Bunty we włoskich więzieniach, kapelanom zakazano posługi
Krzysztof Bronk - Watykan
Bunty we włoskich więzieniach są związane z epidemią koronawirusa. Zakłady karne są tam przepełnione. Dopuszczalna liczba przetrzymywanych osób została przekroczona o 140 proc. Od kilkunastu dni obowiązują w nich drastyczne normy bezpieczeństwa mające chronić przed epidemią. Kontaktu z więźniami zakazano również kapelanom. Zawieszono też widzenia z rodzinami, co stało się bezpośrednią przyczyną buntu.
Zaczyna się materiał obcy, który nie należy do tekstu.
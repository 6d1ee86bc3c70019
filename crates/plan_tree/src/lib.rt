//! Plans as trees, both under one name: the untyped tree of a plan's messages, and the typed tree of a checked
//! plan. It stands on `plan_raw` and `plan_typed`; nothing of today's way uses it. How the relations of either are
//! numbered, and how many a relation holds, is defined in its own `specs/Numbering.antt`; `count_relations` counts
//! them up to a limit, so that a plan of too many relations is refused before anything else of it is checked.
#![tactic(auto)]

mod count;
mod count_exprs;

pub use count::count_relations;
pub use plan_leaves::{
    FileItem, FunDecl, FunctionOption, ItemPath, LiteralRow, LocalFiles, MaskExpression, MaskItem,
    MaskStruct, NamedStruct, NamedTable, RawLiteral, RawType, ReferenceSegment, RelCommon,
    StructField, StructType, UriDecl,
};
pub use plan_raw::{
    AggregateFunction, ExprRow, FunctionArgument, Grouping, IfClause, IfValue, Measure, PlanTree,
    RawCount, RawExpr, RawOffset, RawRel, RawSource, RootDecl, SortField, VirtualTable,
};
pub use plan_typed::{
    Expr, Func, Hole, Holed, JoinKind, Op, Overflow, Rel, SetMeasure, SetOp, SortKey, Source, Sub,
    SubKind, Typed, TypedMeasure,
};
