#[test]
fn parts_are_played(rt: HostRuntime) -> Result<(), AllocError> {
    let alloc = rt.alloc();
    let image = run(alloc, &["asm"], ADD8.as_bytes())?.output;
    let mut unsized_job = Vec::from_slice(alloc, image.as_slice())?;
    unsized_job.extend_from_slice(add8_job(alloc, "")?.as_bytes())?;
    let rows: [(&[&str], &[u8], Status, &[u8]); 5] = [
        (
            &["jobs", "2", "0"],
            RETURNS,
            Status::Done,
            b"end played 2\npart 0 1\npart 1 1\n",
        ),
        (
            &["jobs", "2", "0"],
            BYTE,
            Status::Done,
            b"end trap 0 NoRow 0x600000000000 0\npart 0 0\npart 1 0\n",
        ),
        (
            &["jobs", "2", "0"],
            JUMPS,
            Status::Done,
            b"end budget 2\npart 0 1\npart 1 1\n",
        ),
        (
            &["jobs", "2", "5"],
            unsized_job.as_slice(),
            Status::Refused,
            b"job: BadField arrays\n",
        ),
        (
            &["jobs", "65", "0"],
            RETURNS,
            Status::Usage,
            b"usage: orcc asm | c | check | fmt | run | emulate | dis | gen S | jobs W S | obj | asm41 | check41 | header | lib | lib41\n",
        ),
    ];
    for (words, input, status, said) in rows {
        let ran = run(alloc, words, input)?;
        assert_eq!(rt; ran.status, status, "{said:?}");
        if status == Status::Done {
            assert!(rt; ran.output.as_slice() == said, "{said:?}");
        } else {
            assert!(rt; ran.notes.as_slice() == said, "{said:?}");
        }
    }
    let mut sized_job = image;
    sized_job.extend_from_slice(add8_job(alloc, ",\"size\":1")?.as_bytes())?;
    let played = run(alloc, &["jobs", "2", "5"], sized_job.as_slice())?;
    let output = played.output.as_slice();
    assert!(rt; output.starts_with(b"end played "));
    assert!(rt; has_at_most(output, "part 0 ", 130));
    assert!(rt; has_at_most(output, "part 1 ", 148));
    assert!(rt; output.ends_with(b"\nmem 4096 020000\nmem 8192 01ff80\nmem 12288 010180\n"));
    Ok(())
}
Przypuszcza się, że dzięki widzeniom do więzień przedostawały się narkotyki. W konsekwencji uzależnieni więźniowie byli na narkotykowym głodzie. Jak podał minister sprawiedliwości wszystkie zgony spowodowane zostały przedawkowaniem leków, zdobytych w więziennych przychodniach.
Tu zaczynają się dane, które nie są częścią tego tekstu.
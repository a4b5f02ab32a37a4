//! Definitions: operands, the meet or join of two of them, and the rules by which one more is written behind others.
#![tactic(auto)]

pub mod combine;
pub mod draft;
pub mod operand;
Najtrudniejsza sytuacja jest w Modenie. W tamtejszym więzieniu zginęło 8 osób. Jak mówi ks. Angelo Lovati, który jest tam kapelanem, lęk przed koronawirusem jest odczuwany również wśród więźniów. Ubolewa jednak, że rządowe obostrzenia odcięły go od jego podopiecznych.
Kapelan więzienia w Modenie: nie jesteśmy dopuszczani do więźniów
Dziękujemy, że przeczytałaś/eś ten artykuł. Jeśli chcesz być na bieżąco zapraszamy do zapisania się na newsletter klikając tutaj.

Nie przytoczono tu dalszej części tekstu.